棫朴道场多年未开,这一打开便是血溅刑场的镇邪伏魔良象。按常理来说,本该顺着瑞气千条,天有吉兆,可郑国境内连续十日都是烈日暴晒,在秋初的雨季,却如酷暑般干旱燥热,颇有古时后羿射日时十个太阳在天上折磨人间的景象。

郑国居民虽然不晓得棫朴道场到底斩杀了什么大妖,但他们对那一根被吊在棫朴门口的断臂又是畏惧又是欣喜——从断肢上结实的肌肉与剔透的白骨上看,那必然来自于一位强悍的邪祟。

令人瞠目结舌的是,那截臂膀没少受风吹日晒,却一点都没有腐烂的迹象,一直都崭新如初,像是刚从人身上砍下来那样,冒着热腾腾的血气。
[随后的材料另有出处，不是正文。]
/// The request of a value of JSON.
fn request_in(alloc: Global, value: &Value<'_>) -> Result<Request, LineFault>
    ensures { Tells (ok_or (request_of (view value.now)) NotRequest) result }
{
    let Some([first, rest @ ..]) = items_of(value) else {
        return Err(LineFault::NotRequest);
    };
    let Some(word) = word_in(first) else {
        return Err(LineFault::NotRequest);
    };
    request_by_word(alloc, word, rest)
}

/// The request of a word and the items after it, with an arm for each word.
#[tactic(auto, unfolding(crate::specs::Requests::request_of_word))]
fn request_by_word(alloc: Global, word: &str, rest: &[Value<'_>]) -> Result<Request, LineFault>
    ensures { Tells (ok_or (request_of_word word.now (map view rest.now)) NotRequest) result }
{
    match word {
        "net" => read_network(alloc, rest),
        "cut" => read_cut(rest),
        "add" => read_add(rest),
        "join" => read_join(rest),
        "batch" => read_batch(alloc, rest),
        "dest" => read_destination(rest),
        "walk" => read_walk(rest),
        "links" => read_question(Question::Links, rest),
        "counts" => read_question(Question::Counts, rest),
        "hops" => read_question(Question::Hops, rest),
        "ways" => read_ways(rest),
        "nearest" => read_node_question(NodeQuestion::Nearest, rest),
        "pushes" => read_pushes(alloc, rest),
        "phases" => read_phases(alloc, rest),
        _ => Err(LineFault::NotRequest),
    }
}

/// A cut, if exactly the two ends of a link follow its word.
fn read_cut(rest: &[Value<'_>]) -> Result<Request, LineFault>
    ensures ok { IfOk result (λ request. pair_request cut_link (map view rest.now) ≡ Some (plain request)) }
    ensures refused { IfErr result (λ fault. ok_or (pair_request cut_link (map view rest.now)) NotRequest ≡ Err fault) }
{
    let (u, v) = two_numbers(rest).ok_or(LineFault::NotRequest)?;
    Ok(Request::Cut { u, v })
}

/// An added link, if exactly its tail and its head follow the word.
fn read_add(rest: &[Value<'_>]) -> Result<Request, LineFault>
    ensures ok { IfOk result (λ request. pair_request add_link (map view rest.now) ≡ Some (plain request)) }
    ensures refused { IfErr result (λ fault. ok_or (pair_request add_link (map view rest.now)) NotRequest ≡ Err fault) }
{
    let (u, v) = two_numbers(rest).ok_or(LineFault::NotRequest)?;
    Ok(Request::Add { u, v })
}

/// A join, if exactly the two nodes follow its word.
fn read_join(rest: &[Value<'_>]) -> Result<Request, LineFault>
    ensures ok { IfOk result (λ request. pair_request join_nodes (map view rest.now) ≡ Some (plain request)) }
    ensures refused { IfErr result
        (λ fault. ok_or (pair_request join_nodes (map view rest.now)) NotRequest ≡ Err fault) }
{
    let (u, v) = two_numbers(rest).ok_or(LineFault::NotRequest)?;
    Ok(Request::Join { u, v })
}

/// A walk, if exactly its first node follows the word.
fn read_walk(rest: &[Value<'_>]) -> Result<Request, LineFault>
    ensures ok { IfOk result (λ request. node_request walk_from (map view rest.now) ≡ Some (plain request)) }
    ensures refused { IfErr result
        (λ fault. ok_or (node_request walk_from (map view rest.now)) NotRequest ≡ Err fault) }
{
    let x = one_number(rest).ok_or(LineFault::NotRequest)?;
    Ok(Request::Walk { x })
}

/// A batch, if exactly an array of edits follows the word.
fn read_batch(alloc: Global, rest: &[Value<'_>]) -> Result<Request, LineFault>
    ensures { Tells (ok_or (batch_request (map view rest.now)) NotRequest) result }
{
    let [edits] = rest else {
        return Err(LineFault::NotRequest);
    };
    let edits = item_list(alloc, edits)?;
    Ok(Request::Batch { edits })
}

/// Another destination, if exactly its number follows the word.
fn read_destination(rest: &[Value<'_>]) -> Result<Request, LineFault>
    ensures ok { IfOk result (λ request. node_request move_dest (map view rest.now) ≡ Some (plain request)) }
    ensures refused { IfErr result
        (λ fault. ok_or (node_request move_dest (map view rest.now)) NotRequest ≡ Err fault) }
{
    let dest = one_number(rest).ok_or(LineFault::NotRequest)?;
    Ok(Request::Destination { dest })
}

/// A question, if nothing follows its word.
fn read_question(question: Question, rest: &[Value<'_>]) -> Result<Request, LineFault>
    ensures ok { IfOk result (λ request. ask_request question (map view rest.now) ≡ Some (plain request)) }
    ensures refused { IfErr result (λ fault. ok_or (ask_request question (map view rest.now)) NotRequest ≡ Err fault) }
{
    match rest {
        [] => Ok(Request::Ask(question)),
        _ => Err(LineFault::NotRequest),
    }
}

/// A question about one node, if exactly this node follows its word.
fn read_node_question(question: NodeQuestion, rest: &[Value<'_>]) -> Result<Request, LineFault>
    ensures ok { IfOk result
        (λ request. node_request (ask_node question) (map view rest.now) ≡ Some (plain request)) }
    ensures refused { IfErr result
        (λ fault. ok_or (node_request (ask_node question) (map view rest.now)) NotRequest ≡ Err fault) }
{
    let x = one_number(rest).ok_or(LineFault::NotRequest)?;
    Ok(Request::AskNode { question, x })
}

/// The ways of all nodes, if nothing follows the word, or those of the node that follows it.
fn read_ways(rest: &[Value<'_>]) -> Result<Request, LineFault>
    ensures ok { IfOk result (λ request. ways_request (map view rest.now) ≡ Some (plain request)) }
    ensures refused { IfErr result (λ fault. ok_or (ways_request (map view rest.now)) NotRequest ≡ Err fault) }
{
    if rest.is_empty() {
        return Ok(Request::Ask(Question::Ways));
    }
    read_node_question(NodeQuestion::Ways, rest)
}

/// A network, if exactly three items follow the word: the number of nodes, the destination, the links.
fn read_network(alloc: Global, rest: &[Value<'_>]) -> Result<Request, LineFault>
    ensures { Tells (ok_or (network_request (map view rest.now)) NotRequest) result }
{
    let [nodes, dest, links] = rest else {
        return Err(LineFault::NotRequest);
    };
    let (Some(nodes), Some(dest)) = (number(nodes), number(dest)) else {
        return Err(LineFault::NotRequest);
    };
    let links = item_list(alloc, links)?;
    Ok(Request::Network { nodes, dest, links })
}

/// Pushes, if exactly a table or two tables of hops follow the word.
fn read_pushes(alloc: Global, rest: &[Value<'_>]) -> Result<Request, LineFault>
    ensures { Tells (ok_or (pushes_request (map view rest.now)) NotRequest) result }
{
    match rest {
        [table] => pushes_from(alloc, table),
        [table, wanted] => pushes_between(alloc, table, wanted),
        _ => Err(LineFault::NotRequest),
    }
}

/// Pushes from a table of hops to the next hops.
fn pushes_from(alloc: Global, table: &Value<'_>) -> Result<Request, LineFault>
    ensures { Tells (ok_or (pushes_request (view table.now ∷ [])) NotRequest) result }
{
    let table = item_list(alloc, table)?;
    Ok(Request::Pushes {
        table,
        wanted: None,
    })
}

/// Pushes from one table of hops to another.
fn pushes_between(
    alloc: Global,
    table: &Value<'_>,
    wanted: &Value<'_>,
) -> Result<Request, LineFault>
    ensures { Tells (ok_or (pushes_request (view table.now ∷ view wanted.now ∷ [])) NotRequest) result }
{
    let table = item_list(alloc, table)?;
    let wanted = Some(item_list(alloc, wanted)?);
    Ok(Request::Pushes { table, wanted })
}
民间便有了恫吓不听话的孩童的睡前小故事:不乖乖吃饭、不好好写作业、不按时睡觉的小孩会被可怕的手臂妖怪抓走,然后无休无止地打他们的屁股。

黎白对外宣称身体抱恙,需要静养,直接用火漆封了大门。

长津独自一人负剑南下,前往郑楚交界处巡狩。

也是自那日后,长津再也没有见过司寅。

惟有道场中央褐色的血渍与那截断臂印证了刑场里到底发生了什么。

往日里,长津都靠自身的灵力来取暖纳凉,一身薄薄的狩服就能过四季,其他地方也是能节俭就绝不多花一分钱。

过惯了戒奢宁俭的日子的他,如今的卧室里被人搬上了一鼎鎏金炉子,里面炭火虚虚地烧着,配有干枯的香草与兰草调成熏香,缓解了火焰的燥气。

他抬头望着干木四交的屋顶,边角各垂着碗口大的皎白珍珠,在夜里还会泛着温柔的莹光。楹间由奢华的列线流苏金绞丝条装点,柱中用鎏金咬钩衔着松明灯。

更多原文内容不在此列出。